■ Exercise directions ■
Find the line that contains "pub(crate) fn head(&self, alloc: Global)"; then retype it and each line after it, exactly, through the final line of the data below.

■ Available data ■
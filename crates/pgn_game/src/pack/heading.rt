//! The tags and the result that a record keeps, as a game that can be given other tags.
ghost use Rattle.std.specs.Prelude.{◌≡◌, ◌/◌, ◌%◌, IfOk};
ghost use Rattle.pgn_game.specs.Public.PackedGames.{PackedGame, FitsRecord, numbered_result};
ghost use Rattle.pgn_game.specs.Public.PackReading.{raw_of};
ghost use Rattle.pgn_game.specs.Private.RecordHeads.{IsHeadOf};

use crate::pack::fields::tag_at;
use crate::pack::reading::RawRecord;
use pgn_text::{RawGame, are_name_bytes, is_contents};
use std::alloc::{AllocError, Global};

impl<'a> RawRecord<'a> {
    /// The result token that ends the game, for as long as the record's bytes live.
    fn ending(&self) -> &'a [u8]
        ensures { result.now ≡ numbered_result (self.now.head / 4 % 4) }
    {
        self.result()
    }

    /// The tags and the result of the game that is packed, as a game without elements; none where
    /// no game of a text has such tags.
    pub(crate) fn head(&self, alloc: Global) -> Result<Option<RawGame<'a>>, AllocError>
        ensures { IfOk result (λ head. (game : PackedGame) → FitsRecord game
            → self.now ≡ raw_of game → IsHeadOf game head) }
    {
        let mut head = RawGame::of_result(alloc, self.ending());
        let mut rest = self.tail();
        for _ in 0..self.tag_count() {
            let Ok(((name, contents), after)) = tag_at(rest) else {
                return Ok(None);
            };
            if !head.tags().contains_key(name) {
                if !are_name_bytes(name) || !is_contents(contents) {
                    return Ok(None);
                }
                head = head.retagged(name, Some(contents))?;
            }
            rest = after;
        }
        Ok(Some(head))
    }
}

■ Answer ■
    pub(crate) fn head(&self, alloc: Global) -> Result<Option<RawGame<'a>>, AllocError>
        ensures { IfOk result (λ head. (game : PackedGame) → FitsRecord game
            → self.now ≡ raw_of game → IsHeadOf game head) }
    {
        let mut head = RawGame::of_result(alloc, self.ending());
        let mut rest = self.tail();
        for _ in 0..self.tag_count() {
            let Ok(((name, contents), after)) = tag_at(rest) else {
                return Ok(None);
            };
            if !head.tags().contains_key(name) {
                if !are_name_bytes(name) || !is_contents(contents) {
                    return Ok(None);
                }
                head = head.retagged(name, Some(contents))?;
            }
            rest = after;
        }
        Ok(Some(head))
    }
}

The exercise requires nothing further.